# Blue Bulbs



## ViperZ (Feb 9, 2005)

Why do some X-trails have the smaller round bulbs in Blue? I did not notice this on the Canadian models I have seen, yet I see thes on the net all the time?

Are they just a blue tinted bulb that is creating that effect? 

What are these lights for?


----------



## manuelga (Dec 14, 2003)

It's the position light & it's a bluish deflector in front of the clear bulb, it's being popular among some Nissans:










You can see it also at the 2005 B13 Sentra (yes that old fashioned car is still & successfully sold here):


----------



## Terranismo (Aug 31, 2004)

Like Manuel said, the lampe casing themselves are blue, but the light is not in that color. It comes out in the same yellow halogen glow as the Canuck X-Trails.


----------



## aussietrail (Sep 24, 2004)

Terranismo said:


> Like Manuel said, the lampe casing themselves are blue, but the light is not in that color. It comes out in the same yellow halogen glow as the Canuck X-Trails.


Not unless you change the bulbs to Phillips Blue Vision, then it turns into bright white/blue colour


----------



## ViperZ (Feb 9, 2005)

Thanks, it certanly is a unique look that is not seen on the Canadian Models.

So whats the purpose of these lights, are they like daytime running lights?


----------



## Terranismo (Aug 31, 2004)

They're parking lights. Same use as your clear ones.


----------



## ViperZ (Feb 9, 2005)

Thanks. A person may have to look into getting a set of non Canuck Headlights to set an X-trail apart in Canada ...


----------



## Lukasz (Oct 14, 2004)

Speaking of lights...anyone seen an x-trail with Sylvania Silverstars? I was wondering if they're a significant improvement over the factory bulbs...

Lukasz


----------



## manuelga (Dec 14, 2003)

I put OSRAM Sylverstars, Stephen (SCHESBH) also (he told me where to order at UK), & I can tell you maybe it's the best aquisition I've made for my Exty.

I also got sets for all my other cars.

Take a look at: Daniel Stern, maybe the best source of Lighting information.


----------



## ViperZ (Feb 9, 2005)

I think a set of Silver Stars will be my first upgrade. It would be cool to get a replacement set of light buckets that used projectors rather then reflectors. The HID could be easily retrofitted.

I have HID's on my BMW, and it's tough using regular Halogens now.


----------



## manuelga (Dec 14, 2003)

Yep, I've heard that HID to Halogens is difficult, but OSRAMS Sylverstar will make easier.
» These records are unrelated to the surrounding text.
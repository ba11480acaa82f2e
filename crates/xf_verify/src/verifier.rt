//! The verifier.
ghost use Rattle.std.specs.Prelude.{◌≡◌, [], OnOk};
ghost use Rattle.std.specs.FinSet as set;
ghost use Rattle.xf_ir.specs.Placed.{type_at, top};
ghost use Rattle.xf_ir.specs.Valid.{IsValid};
ghost use Rattle.xf_ir.specs.Violations.{first_violation};
ghost use Rattle.xf_verify.specs.Judged.{first_behind, all_stand};
ghost use Rattle.xf_verify.specs.Answers.{Answers};

use crate::calls::CallGraph;
use crate::facts::Facts;
use crate::fault::VerifyFault;
use crate::functions::holds_functions;
use crate::scope::VisibleValues;
use crate::stand::Holder;
use crate::walk::{Walk, blocks, enter};
use std::alloc::Global;
use xf_ir::{Kind, Module, NameSet, Op, Rule};
use xf_ir_laws::valid_has_no_violation;
use xf_rules::Yielded;

/// Judges the root by all rules but V2, and then what it holds. What holds the root is as if a module did.
fn walk_from_root<'a>(
    alloc: Global,
    facts: &Facts<'_>,
    nothing: &'a Kind,
    root: &'a Op,
) -> Result<(), VerifyFault>
    requires { nothing.now ≡ top.kind }
    ensures { Answers result (first_behind facts.now set.empty (all_stand top (type_at []) root.now)) }
{
    let mut walk = Walk {
        names: NameSet::new(alloc),
        scope: VisibleValues::new(alloc),
    };
    let holder = Holder {
        kind: nothing,
        gives: Yielded::Nothing,
    };
    let inner = enter(alloc, facts, &mut walk, holder, root, &[])?;
    blocks(alloc, facts, &mut walk, inner, root)
}

/// Judges a module by the rules V1 to V16.
///
/// Answers `Ok` exactly where it is valid, but for want of memory. Else names the first operation in
/// preorder that breaks a rule, with the first rule that it breaks.
///
/// Takes time in the number of operations, operands, types and attributes, with a look-up for each
/// name, operand and call, and 31 passes over the calls; recursion as deep as regions are nested.
pub fn verify(alloc: Global, m: &Module) -> Result<(), VerifyFault>
    ensures valid { OnOk result (IsValid m.now) }
    ensures first { Answers result (first_violation m.now) }
{
    valid_has_no_violation();
    let root = &m.root;
    if root.name.0 >= m.next {
        return Err(VerifyFault::Rule {
            rule: Rule::Names.number(),
            op: root.name,
        });
    }
    if !holds_functions(alloc, m)? {
        return Err(VerifyFault::Rule {
            rule: Rule::Functions.number(),
            op: root.name,
        });
    }
    let facts = Facts {
        next: m.next,
        calls: CallGraph::new(alloc, m)?,
    };
    let nothing = Kind::Module { symbol: None };
    walk_from_root(alloc, &facts, &nothing, root)
}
Just remember to use OSRAM instead of Sylvanias, they are way too different.


----------



## NPath (Dec 12, 2004)

manuelga said:


> Yep, I've heard that HID to Halogens is difficult, but OSRAMS Sylverstar will make easier.
> 
> Just remember to use OSRAM instead of Sylvanias, they are way too different.


I've seen the Silver Stars in all the places that sell automotive parts, but not Osram. So, what's the difference between the 2?


----------



## manuelga (Dec 14, 2003)

NPath said:


> I've seen the Silver Stars in all the places that sell automotive parts, but not Osram. So, what's the difference between the 2?


Convince yourself: Take a look at: Daniel Stern, maybe the best source of Lighting information.

There's also technical way for aim light beams.


----------



## SCHESBH (May 25, 2004)

*SilverStars*

I have had the SilverStars on my Altima and X-Trail... same bulb.. When I did the research I found out that the Canadian (North America) SilverStars are weker by 20% than the same bulb in Europe ...plus they are also more expensive here. I ordered them from England via the Web received them in about 14 days... also ordered spares.. and love them!!!

Stephen

http://www.powerbulbs.co.uk/




Lukasz said:


> Speaking of lights...anyone seen an x-trail with Sylvania Silverstars? I was wondering if they're a significant improvement over the factory bulbs...
> 
> Lukasz


----------



## ViperZ (Feb 9, 2005)

I too have heard good thinks about the Osrams...


----------